**WORK INSTRUCTION:**
Work out how many lines in the entries below include the word "would". Give nothing but the number.

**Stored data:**
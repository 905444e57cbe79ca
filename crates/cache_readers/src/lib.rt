//! Readers of a cache whose items lie in the words of their chunks: a get takes no lock and no memory, and waits for
//! nobody. Keys and values are words here, so many each. The label of an item is when it expires, in the caller's
//! ticks, and 0 is never.
#![tactic(auto)]

mod glancing;
mod looking;
mod misses;
mod readers;
mod vain;

pub use bump_heads::{Heads, Name, ReaderHeads};
pub use bump_rules::{Accounts, ItemId};
pub use bump_steps::RowLaw;
pub use bump_unlocked::{Hold, Worker};
pub use cache_index::{Eye, IndexReader};
pub use glancing::Glanced;
pub use misses::Miss;
pub use readers::WordReader;
pub use vain::Vain;
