//! Looks at the chunks to which the index leads.
ghost use Rattle.std.specs.Prelude.{◌≡◌, ◌≢◌, ◌+◌, ◌≤◌, true, false, None, IfOk, IfSome, length};
ghost use Rattle.std.specs.Result.{IfErr};
ghost use Rattle.bump_readers.specs.Glances.{IsGlancing};
ghost use Rattle.cache_index.specs.History.{Looks, SeesIndex};
ghost use Rattle.cache_readers.specs.Glances.{BehindGlance};
ghost use Rattle.cache_readers.specs.Looks.{FindsNothing, FoundBy, HasOtherKey, HasWords, Hits, LookFinds, LookTakes, LooksInVain};
ghost use Rattle.cache_readers.specs.Looks.{SearchBy, SearchEnds, TouchesUnmarked, one_more};
ghost use Rattle.cache_readers.specs.Misses.{HeldAnother, IsAbsent, IsMissed};
ghost use Rattle.cache_readers.specs.declared.vain.Vain.TheVariants as vain;

use crate::glancing::{Glanced, glance_at, glance_first};
use crate::misses::Miss;
use crate::vain::Vain;
use bump_readers::{Name, ReaderHeads};
use bump_rules::{Head, ItemId, has_expired};
use bump_steps::RowLaw;
use bump_unlocked::{Hold, Worker};
use cache_index::{Eye, IndexReader};

// A search begins anew where the life to which the index led has ended, or its chunk can't be held, so often at most.
const TURNS: u32 = 1_000;

// Whether the item that is held has the key.
#[inline(always)]
fn has_key<N: Name, L: RowLaw>(hold: &mut Hold<N>, heads: &ReaderHeads<N, L>, key: &[u64]) -> bool
    requires few { length key.now ≤ N.table.slots }
    ensures has { result ≡ true → HasWords key.now 0 hold.old.row }
    ensures other { result ≡ false → HasOtherKey key.now hold.old.row }
    ensures same { hold.new ≡ hold.old }
{
    let _further = heads.further();
    for index in 0..key.len() {
        if hold.word(heads, index as u32) != key[index] {
            return false;
        }
    }
    true
}

// Reads words of the item that is held, from this further word on.
#[inline(always)]
pub(crate) fn read_words<N: Name, L: RowLaw>(
    hold: &mut Hold<N>,
    heads: &ReaderHeads<N, L>,
    from: usize,
    words: &mut [u64],
)
    requires few { from + length words.old ≤ N.table.slots }
    ensures read { HasWords words.new from hold.old.row }
    ensures length { length words.new ≡ length words.old }
    ensures same { hold.new ≡ hold.old }
{
    let _further = heads.further();
    for index in 0..words.len() {
        words[index] = hold.word(heads, (from + index) as u32);
    }
}

// Touches the item that is held, where the head by which it was taken hadn't both marks. Most hits find both set: then
// the locked step of a touch is saved.
#[inline(always)]
pub(crate) fn touch<N: Name, L: RowLaw>(
    worker: &mut Worker<N>,
    heads: &ReaderHeads<N, L>,
    hold: &mut Hold<N>,
    found: Head,
    now: u64,
)
    ensures touches { TouchesUnmarked heads.now hold.old found now worker.old worker.new }
    ensures same { hold.new ≡ hold.old }
    ensures ring { worker.new.sender.ring ≡ worker.old.sender.ring }
{
    if found.fetched && found.active {
        return;
    }
    let _touch = worker.touch(heads, hold, now);
}

// Looks at a life by a hold, behind a glance at its chunk that told nothing, or none. Where the life hasn't ended, has the
// key and hasn't expired, the hold of it is answered, and the head by which it was taken.
#[inline(always)]
fn look_held<N: Name, L: RowLaw>(
    worker: &mut Worker<N>,
    heads: &ReaderHeads<N, L>,
    id: ItemId,
    key: &[u64],
    now: u64,
) -> Result<(Hold<N>, Head), Vain>
    requires few { length key.now ≤ N.table.slots }
    ensures finds { IfOk result (λ took. BehindGlance id.chunk (λ before. LookTakes L.law heads.now key.now now took.0
        took.1 before worker.new) worker.old) }
    ensures led { IfOk result (λ took. took.0.life.generation ≡ id.generation) }
    ensures vain { IfErr result (λ why. BehindGlance id.chunk (λ before. LooksInVain why heads.now key.now now before
        worker.new) worker.old) }
    ensures other { IfErr result (λ why. why ≡ vain.Other → HeldAnother key.now id worker.old worker.new) }
    ensures ring { worker.new.sender.ring ≡ worker.old.sender.ring }
{
    let Ok((mut hold, found)) = worker.get_any(heads, id.chunk) else {
        return Err(Vain::Ended);
    };
    // Another life may have the key too: one that was put since, and to which the index doesn't lead yet. Whoever took
    // it would find the value before it by the next get.
    if hold.life().generation != id.generation {
        hold.release(heads);
        return Err(Vain::Ended);
    }
    if !has_key(&mut hold, heads, key) {
        hold.release(heads);
        return Err(Vain::Other);
    }
    if has_expired(hold.label(heads), now) {
        hold.release(heads);
        return Err(Vain::Over);
    }
    Ok((hold, found))
}

// Looks at a life. Where `glances` says so it glances first: where that finds the key's item, its value is read, and
// None is answered. Else it looks by a hold.
#[inline(always)]
fn look<N: Name, L: RowLaw>(
    worker: &mut Worker<N>,
    heads: &ReaderHeads<N, L>,
    id: ItemId,
    key: &[u64],
    value: &mut [u64],
    glances: bool,
    now: u64,
) -> Result<Option<(Hold<N>, Head)>, Vain>
    requires few { length key.now + length value.old ≤ N.table.slots }
    ensures finds { IfOk result (λ sight. LookFinds L.law heads.now key.now value.new now sight worker.old worker.new) }
    ensures glanced { IfOk result (λ sight. sight ≡ None → IsGlancing id worker.new.sheet) }
    ensures led { IfOk result (λ sight. IfSome sight (λ took. took.0.life.generation ≡ id.generation)) }
    ensures held { glances ≡ false → IfOk result (λ sight. sight ≢ None) }
    ensures vain { IfErr result (λ why. LooksInVain why heads.now key.now now worker.old worker.new) }
    ensures other { IfErr result (λ why. why ≡ vain.Other → HeldAnother key.now id worker.old worker.new) }
    ensures length { length value.new ≡ length value.old }
    ensures ring { worker.new.sender.ring ≡ worker.old.sender.ring }
{
    if glance_at(worker, heads, id, key, value, glances, now) {
        return Ok(None);
    }
    match look_held(worker, heads, id, key, now) {
        Ok(took) => Ok(Some(took)),
        Err(why) => Err(why),
    }
}

// Goes through the chunks to which the index leads for this hash.
#[inline(always)]
fn look_through<N: Name, L: RowLaw>(
    worker: &mut Worker<N>,
    heads: &ReaderHeads<N, L>,
    index: &IndexReader,
    eye: &mut Eye,
    hash: u32,
    key: &[u64],
    value: &mut [u64],
    glances: bool,
    now: u64,
) -> Result<Option<(Hold<N>, Head)>, Vain>
    requires few { length key.now + length value.old ≤ N.table.slots }
    requires eye { SeesIndex index.now eye.old }
    ensures finds { IfOk result (λ sight. SearchBy (LookFinds L.law heads.now key.now value.new now sight) heads.now
        key.now now worker.old worker.new) }
    ensures held { glances ≡ false → IfOk result (λ sight. sight ≢ None) }
    ensures vain { IfErr result (λ why. SearchEnds why heads.now key.now now worker.old worker.new) }
    ensures absent { IfErr result (λ why. why ≡ vain.Other → IsAbsent hash key.now index.now worker.old eye.old worker.new
        eye.new) }
    ensures looks { Looks eye.old eye.new }
    ensures length { length value.new ≡ length value.old }
    ensures ring { worker.new.sender.ring ≡ worker.old.sender.ring }
{
    let mut search = index.search(eye, hash);
    while let Some(id) = search.next(eye) {
        match look(worker, heads, id, key, value, glances, now) {
            Ok(sight) => return Ok(sight),
            Err(Vain::Ended) => return Err(Vain::Ended),
            Err(Vain::Over) => return Err(Vain::Over),
            Err(Vain::Other) => {}
        }
    }
    Err(Vain::Other)
}

// The first search for a key, from a life on at which a glance told nothing, or there was none: it looks at that by a
// hold, and goes through all to which the index leads then. So it may look at the same life once more, where that has
// another key: few have.
#[inline(always)]
fn look_from<N: Name, L: RowLaw>(
    worker: &mut Worker<N>,
    heads: &ReaderHeads<N, L>,
    index: &IndexReader,
    eye: &mut Eye,
    id: ItemId,
    hash: u32,
    key: &[u64],
    value: &mut [u64],
    glances: bool,
    now: u64,
) -> Result<Option<(Hold<N>, Head)>, Vain>
    requires few { length key.now + length value.old ≤ N.table.slots }
    requires eye { SeesIndex index.now eye.old }
    ensures finds { IfOk result (λ sight. BehindGlance id.chunk (λ before. SearchBy (LookFinds L.law heads.now key.now
        value.new now sight) heads.now key.now now before worker.new) worker.old) }
    ensures held { glances ≡ false → IfOk result (λ sight. sight ≢ None) }
    ensures vain { IfErr result (λ why. BehindGlance id.chunk (λ before. SearchEnds why heads.now key.now now before
        worker.new) worker.old) }
    ensures absent { IfErr result (λ why. why ≡ vain.Other → IsAbsent hash key.now index.now worker.old eye.old worker.new
        eye.new) }
    ensures looks { Looks eye.old eye.new }
    ensures length { length value.new ≡ length value.old }
    ensures ring { worker.new.sender.ring ≡ worker.old.sender.ring }
{
    match look_held(worker, heads, id, key, now) {
        Ok(took) => return Ok(Some(took)),
        Err(Vain::Ended) => return Err(Vain::Ended),
        Err(Vain::Over) => return Err(Vain::Over),
        Err(Vain::Other) => {}
    }
    look_through(worker, heads, index, eye, hash, key, value, glances, now)
}

// Finds the item of a key that hasn't expired, from a life on at which a glance told nothing, or there was none. Where
// `glances` says so and a glance found it, its value is read, and None is answered; else a hold of it, and the head by
// which it was taken. Where nothing is found it says why. Searches that end at a life that has ended are counted in `anew`.
#[inline(always)]
pub(crate) fn find_from<N: Name, L: RowLaw>(
    worker: &mut Worker<N>,
    heads: &ReaderHeads<N, L>,
    index: &IndexReader,
    eye: &mut Eye,
    anew: &mut u64,
    id: ItemId,
    hash: u32,
    key: &[u64],
    value: &mut [u64],
    glances: bool,
    now: u64,
) -> Result<Option<(Hold<N>, Head)>, Miss>
    requires few { length key.now + length value.old ≤ N.table.slots }
    requires eye { SeesIndex index.now eye.old }
    ensures finds { IfOk result (λ sight. BehindGlance id.chunk (λ before. FoundBy (LookFinds L.law heads.now key.now
        value.new now sight) heads.now key.now now anew.old anew.new before worker.new) worker.old) }
    ensures held { glances ≡ false → IfOk result (λ sight. sight ≢ None) }
    ensures vain { IfErr result (λ why. BehindGlance id.chunk (λ before. FindsNothing heads.now key.now now anew.old
        anew.new before worker.new) worker.old) }
    ensures missed { IfErr result (λ why. IsMissed why hash key.now now heads.now index.now anew.old anew.new worker.old
        eye.old worker.new eye.new) }
    ensures looks { Looks eye.old eye.new }
    ensures length { length value.new ≡ length value.old }
    ensures ring { worker.new.sender.ring ≡ worker.old.sender.ring }
{
    match look_from(
        worker, heads, index, eye, id, hash, key, value, glances, now,
    ) {
        Ok(sight) => return Ok(sight),
        Err(Vain::Other) => return Err(Miss::Absent),
        Err(Vain::Over) => return Err(Miss::Expired),
        Err(Vain::Ended) => count_one(anew),
    }
    for _turn in 1..TURNS {
        match look_through(worker, heads, index, eye, hash, key, value, glances, now) {
            Ok(sight) => return Ok(sight),
            Err(Vain::Other) => return Err(Miss::Absent),
            Err(Vain::Over) => return Err(Miss::Expired),
            Err(Vain::Ended) => count_one(anew),
        }
    }
    Err(Miss::Unknown)
}

// Finds the item of a key that hasn't expired: by a glance at the first life to which the index leads, where `glances`
// says so, or from that on.
#[inline(always)]
pub(crate) fn find<N: Name, L: RowLaw>(
    worker: &mut Worker<N>,
    heads: &ReaderHeads<N, L>,
    index: &IndexReader,
    eye: &mut Eye,
    anew: &mut u64,
    hash: u32,
    key: &[u64],
    value: &mut [u64],
    glances: bool,
    now: u64,
) -> Result<Option<(Hold<N>, Head)>, Miss>
    requires few { length key.now + length value.old ≤ N.table.slots }
    requires eye { SeesIndex index.now eye.old }
    ensures finds { IfOk result (λ sight. FoundBy (LookFinds L.law heads.now key.now value.new now sight) heads.now
        key.now now anew.old anew.new worker.old worker.new) }
    ensures held { glances ≡ false → IfOk result (λ sight. sight ≢ None) }
    ensures vain { IfErr result (λ why. FindsNothing heads.now key.now now anew.old anew.new worker.old worker.new) }
    ensures missed { IfErr result (λ why. IsMissed why hash key.now now heads.now index.now anew.old anew.new worker.old
        eye.old worker.new eye.new) }
    ensures looks { Looks eye.old eye.new }
    ensures length { length value.new ≡ length value.old }
    ensures ring { worker.new.sender.ring ≡ worker.old.sender.ring }
{
    match glance_first(worker, heads, index, eye, hash, key, value, glances, now) {
        Glanced::Found => Ok(None),
        Glanced::Nothing => Err(Miss::Absent),
        Glanced::Unsure(id) => {
            find_from(
                worker, heads, index, eye, anew, id, hash, key, value, glances, now,
            )
        }
    }
}

// One more. A count that stopped at its greatest number would cost each get a comparison.
#[inline(always)]
pub(crate) fn count_one(count: &mut u64)
    ensures { count.new ≡ one_more count.old }
{
    *count = count.wrapping_add(1);
}

// Finds the item of a key, touches it and counts a hit, and answers the hold of it; or counts a miss,
// and says why.
#[inline(always)]
pub(crate) fn take<N: Name, L: RowLaw>(
    worker: &mut Worker<N>,
    heads: &ReaderHeads<N, L>,
    index: &IndexReader,
    eye: &mut Eye,
    hits: &mut u64,
    misses: &mut u64,
    anew: &mut u64,
    hash: u32,
    key: &[u64],
    now: u64,
) -> Result<Hold<N>, Miss>
    requires few { length key.now ≤ N.table.slots }
    requires eye { SeesIndex index.now eye.old }
    ensures found { IfOk result (λ hold. Hits L.law heads.now key.now now anew.old anew.new worker.old worker.new
        hold) }
    ensures nothing { IfErr result (λ why. FindsNothing heads.now key.now now anew.old anew.new worker.old worker.new) }
    ensures absent { IfErr result (λ why. IsMissed why hash key.now now heads.now index.now anew.old anew.new worker.old
        eye.old worker.new eye.new) }
    ensures looks { Looks eye.old eye.new }
    ensures hit { IfOk result (λ _. (hits.new ≡ one_more hits.old) × (misses.new ≡ misses.old)) }
    ensures missed { IfErr result (λ _. (hits.new ≡ hits.old) × (misses.new ≡ one_more misses.old)) }
    ensures ring { worker.new.sender.ring ≡ worker.old.sender.ring }
{
    let found = find(
        worker,
        heads,
        index,
        eye,
        anew,
        hash,
        key,
        &mut [],
        false,
        now,
    );
    let sight = match found {
        Ok(sight) => sight,
        Err(why) => {
            count_one(misses);
            return Err(why);
        }
    };
    // This never comes, since no glance was asked for.
    let Some((mut hold, head)) = sight else {
        return Err(Miss::Unknown);
    };
    touch(worker, heads, &mut hold, head, now);
    count_one(hits);
    Ok(hold)
}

**SOLUTION TO THIS TASK:**
2